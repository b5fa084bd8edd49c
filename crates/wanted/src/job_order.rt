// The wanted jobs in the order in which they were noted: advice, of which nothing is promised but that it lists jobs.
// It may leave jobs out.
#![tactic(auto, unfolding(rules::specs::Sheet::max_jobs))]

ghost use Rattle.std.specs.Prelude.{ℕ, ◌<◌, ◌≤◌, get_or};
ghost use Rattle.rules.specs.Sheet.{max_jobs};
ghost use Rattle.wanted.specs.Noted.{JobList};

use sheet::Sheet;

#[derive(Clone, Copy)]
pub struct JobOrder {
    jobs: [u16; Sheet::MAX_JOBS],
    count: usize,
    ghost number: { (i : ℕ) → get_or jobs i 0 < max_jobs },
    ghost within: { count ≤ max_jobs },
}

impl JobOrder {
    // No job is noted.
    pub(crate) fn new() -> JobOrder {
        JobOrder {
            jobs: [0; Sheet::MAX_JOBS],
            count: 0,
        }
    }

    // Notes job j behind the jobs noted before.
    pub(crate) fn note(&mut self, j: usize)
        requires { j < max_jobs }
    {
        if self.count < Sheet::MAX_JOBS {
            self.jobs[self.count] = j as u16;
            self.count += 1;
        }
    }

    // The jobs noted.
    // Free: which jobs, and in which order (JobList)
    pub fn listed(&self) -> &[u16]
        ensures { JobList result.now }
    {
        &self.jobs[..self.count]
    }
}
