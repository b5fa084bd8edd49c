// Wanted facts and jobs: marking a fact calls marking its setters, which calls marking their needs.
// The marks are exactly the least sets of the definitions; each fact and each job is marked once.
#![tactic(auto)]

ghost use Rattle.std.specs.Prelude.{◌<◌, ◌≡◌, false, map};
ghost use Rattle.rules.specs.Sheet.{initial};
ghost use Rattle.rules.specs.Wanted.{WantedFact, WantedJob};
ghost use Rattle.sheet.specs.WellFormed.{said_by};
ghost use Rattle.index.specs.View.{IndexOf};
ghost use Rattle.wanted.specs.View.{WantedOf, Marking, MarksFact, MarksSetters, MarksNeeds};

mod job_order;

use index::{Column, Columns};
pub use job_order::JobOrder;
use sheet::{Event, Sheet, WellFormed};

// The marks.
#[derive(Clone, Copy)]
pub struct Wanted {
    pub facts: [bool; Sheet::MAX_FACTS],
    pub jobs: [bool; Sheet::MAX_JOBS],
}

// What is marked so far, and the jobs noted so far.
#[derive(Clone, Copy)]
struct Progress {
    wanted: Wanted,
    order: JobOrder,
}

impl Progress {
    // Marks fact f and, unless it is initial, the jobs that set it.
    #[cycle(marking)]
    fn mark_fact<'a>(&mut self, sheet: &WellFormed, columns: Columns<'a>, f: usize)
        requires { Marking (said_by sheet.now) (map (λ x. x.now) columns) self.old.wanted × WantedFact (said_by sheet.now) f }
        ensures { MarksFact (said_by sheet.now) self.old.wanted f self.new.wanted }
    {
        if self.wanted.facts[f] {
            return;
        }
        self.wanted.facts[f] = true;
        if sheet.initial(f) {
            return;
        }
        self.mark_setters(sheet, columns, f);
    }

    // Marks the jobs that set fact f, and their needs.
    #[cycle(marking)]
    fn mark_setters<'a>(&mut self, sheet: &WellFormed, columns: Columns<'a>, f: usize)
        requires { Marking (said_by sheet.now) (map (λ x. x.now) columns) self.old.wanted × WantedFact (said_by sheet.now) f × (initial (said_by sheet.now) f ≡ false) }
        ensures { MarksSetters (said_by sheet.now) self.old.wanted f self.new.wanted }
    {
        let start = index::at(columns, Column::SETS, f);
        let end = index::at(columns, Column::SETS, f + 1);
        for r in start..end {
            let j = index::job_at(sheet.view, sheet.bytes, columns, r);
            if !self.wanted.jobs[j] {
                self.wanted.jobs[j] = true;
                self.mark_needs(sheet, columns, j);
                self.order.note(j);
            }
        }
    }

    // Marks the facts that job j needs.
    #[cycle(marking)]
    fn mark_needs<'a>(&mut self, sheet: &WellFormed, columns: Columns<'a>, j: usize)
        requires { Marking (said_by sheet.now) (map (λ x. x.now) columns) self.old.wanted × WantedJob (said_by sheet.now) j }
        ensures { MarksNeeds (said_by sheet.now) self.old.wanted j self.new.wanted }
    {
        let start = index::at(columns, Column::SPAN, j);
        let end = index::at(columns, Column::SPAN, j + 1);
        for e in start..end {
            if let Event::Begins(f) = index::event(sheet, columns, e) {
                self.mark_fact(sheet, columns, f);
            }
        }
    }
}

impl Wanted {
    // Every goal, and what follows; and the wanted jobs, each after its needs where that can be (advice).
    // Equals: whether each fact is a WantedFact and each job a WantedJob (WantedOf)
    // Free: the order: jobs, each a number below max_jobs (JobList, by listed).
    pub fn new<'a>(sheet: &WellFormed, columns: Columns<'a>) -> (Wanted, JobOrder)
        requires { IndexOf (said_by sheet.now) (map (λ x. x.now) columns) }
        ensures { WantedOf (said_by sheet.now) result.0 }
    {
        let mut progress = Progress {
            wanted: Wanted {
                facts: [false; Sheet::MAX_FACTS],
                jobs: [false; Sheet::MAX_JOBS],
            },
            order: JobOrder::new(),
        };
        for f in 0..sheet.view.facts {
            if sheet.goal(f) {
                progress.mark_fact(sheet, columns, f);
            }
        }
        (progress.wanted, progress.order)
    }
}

************

> EXERCISE DETAILS:
Would you please repeat the entire listing, line for line?

> RESPONSE TO THE EXERCISE:
repository b5fa084bd8edd49c
filename crates/wanted/src/job_order.rt
// The wanted jobs in the order in which they were noted: advice, of which nothing is promised but that it lists jobs.
// It may leave jobs out.
#![tactic(auto, unfolding(rules::specs::Sheet::max_jobs))]

ghost use Rattle.std.specs.Prelude.{ℕ, ◌<◌, ◌≤◌, get_or};
ghost use Rattle.rules.specs.Sheet.{max_jobs};
ghost use Rattle.wanted.specs.Noted.{JobList};

use sheet::Sheet;

#[derive(Clone, Copy)]
pub struct JobOrder {
    jobs: [u16; Sheet::MAX_JOBS],
    count: usize,
    ghost number: { (i : ℕ) → get_or jobs i 0 < max_jobs },
    ghost within: { count ≤ max_jobs },
}

impl JobOrder {
    // No job is noted.
    pub(crate) fn new() -> JobOrder {
        JobOrder {
            jobs: [0; Sheet::MAX_JOBS],
            count: 0,
        }
    }

    // Notes job j behind the jobs noted before.
    pub(crate) fn note(&mut self, j: usize)
        requires { j < max_jobs }
    {
        if self.count < Sheet::MAX_JOBS {
            self.jobs[self.count] = j as u16;
            self.count += 1;
        }
    }

    // The jobs noted.
    // Free: which jobs, and in which order (JobList)
    pub fn listed(&self) -> &[u16]
        ensures { JobList result.now }
    {
        &self.jobs[..self.count]
    }
}
repository b5fa084bd8edd49c
// Wanted facts and jobs: marking a fact calls marking its setters, which calls marking their needs.
// The marks are exactly the least sets of the definitions; each fact and each job is marked once.
#![tactic(auto)]

ghost use Rattle.std.specs.Prelude.{◌<◌, ◌≡◌, false, map};
ghost use Rattle.rules.specs.Sheet.{initial};
ghost use Rattle.rules.specs.Wanted.{WantedFact, WantedJob};
ghost use Rattle.sheet.specs.WellFormed.{said_by};
ghost use Rattle.index.specs.View.{IndexOf};
ghost use Rattle.wanted.specs.View.{WantedOf, Marking, MarksFact, MarksSetters, MarksNeeds};

mod job_order;

use index::{Column, Columns};
pub use job_order::JobOrder;
use sheet::{Event, Sheet, WellFormed};

// The marks.
#[derive(Clone, Copy)]
pub struct Wanted {
    pub facts: [bool; Sheet::MAX_FACTS],
    pub jobs: [bool; Sheet::MAX_JOBS],
}

// What is marked so far, and the jobs noted so far.
#[derive(Clone, Copy)]
struct Progress {
    wanted: Wanted,
    order: JobOrder,
}

impl Progress {
    // Marks fact f and, unless it is initial, the jobs that set it.
    #[cycle(marking)]
    fn mark_fact<'a>(&mut self, sheet: &WellFormed, columns: Columns<'a>, f: usize)
        requires { Marking (said_by sheet.now) (map (λ x. x.now) columns) self.old.wanted × WantedFact (said_by sheet.now) f }
        ensures { MarksFact (said_by sheet.now) self.old.wanted f self.new.wanted }
    {
        if self.wanted.facts[f] {
            return;
        }
        self.wanted.facts[f] = true;
        if sheet.initial(f) {
            return;
        }
        self.mark_setters(sheet, columns, f);
    }

    // Marks the jobs that set fact f, and their needs.
    #[cycle(marking)]
    fn mark_setters<'a>(&mut self, sheet: &WellFormed, columns: Columns<'a>, f: usize)
        requires { Marking (said_by sheet.now) (map (λ x. x.now) columns) self.old.wanted × WantedFact (said_by sheet.now) f × (initial (said_by sheet.now) f ≡ false) }
        ensures { MarksSetters (said_by sheet.now) self.old.wanted f self.new.wanted }
    {
        let start = index::at(columns, Column::SETS, f);
        let end = index::at(columns, Column::SETS, f + 1);
        for r in start..end {
            let j = index::job_at(sheet.view, sheet.bytes, columns, r);
            if !self.wanted.jobs[j] {
                self.wanted.jobs[j] = true;
                self.mark_needs(sheet, columns, j);
                self.order.note(j);
            }
        }
    }

    // Marks the facts that job j needs.
    #[cycle(marking)]
    fn mark_needs<'a>(&mut self, sheet: &WellFormed, columns: Columns<'a>, j: usize)
        requires { Marking (said_by sheet.now) (map (λ x. x.now) columns) self.old.wanted × WantedJob (said_by sheet.now) j }
        ensures { MarksNeeds (said_by sheet.now) self.old.wanted j self.new.wanted }
    {
        let start = index::at(columns, Column::SPAN, j);
        let end = index::at(columns, Column::SPAN, j + 1);
        for e in start..end {
            if let Event::Begins(f) = index::event(sheet, columns, e) {
                self.mark_fact(sheet, columns, f);
            }
        }
    }
}

impl Wanted {
    // Every goal, and what follows; and the wanted jobs, each after its needs where that can be (advice).
    // Equals: whether each fact is a WantedFact and each job a WantedJob (WantedOf)
    // Free: the order: jobs, each a number below max_jobs (JobList, by listed).
    pub fn new<'a>(sheet: &WellFormed, columns: Columns<'a>) -> (Wanted, JobOrder)
        requires { IndexOf (said_by sheet.now) (map (λ x. x.now) columns) }
        ensures { WantedOf (said_by sheet.now) result.0 }
    {
        let mut progress = Progress {
            wanted: Wanted {
                facts: [false; Sheet::MAX_FACTS],
                jobs: [false; Sheet::MAX_JOBS],
            },
            order: JobOrder::new(),
        };
        for f in 0..sheet.view.facts {
            if sheet.goal(f) {
                progress.mark_fact(sheet, columns, f);
            }
        }
        (progress.wanted, progress.order)
    }
}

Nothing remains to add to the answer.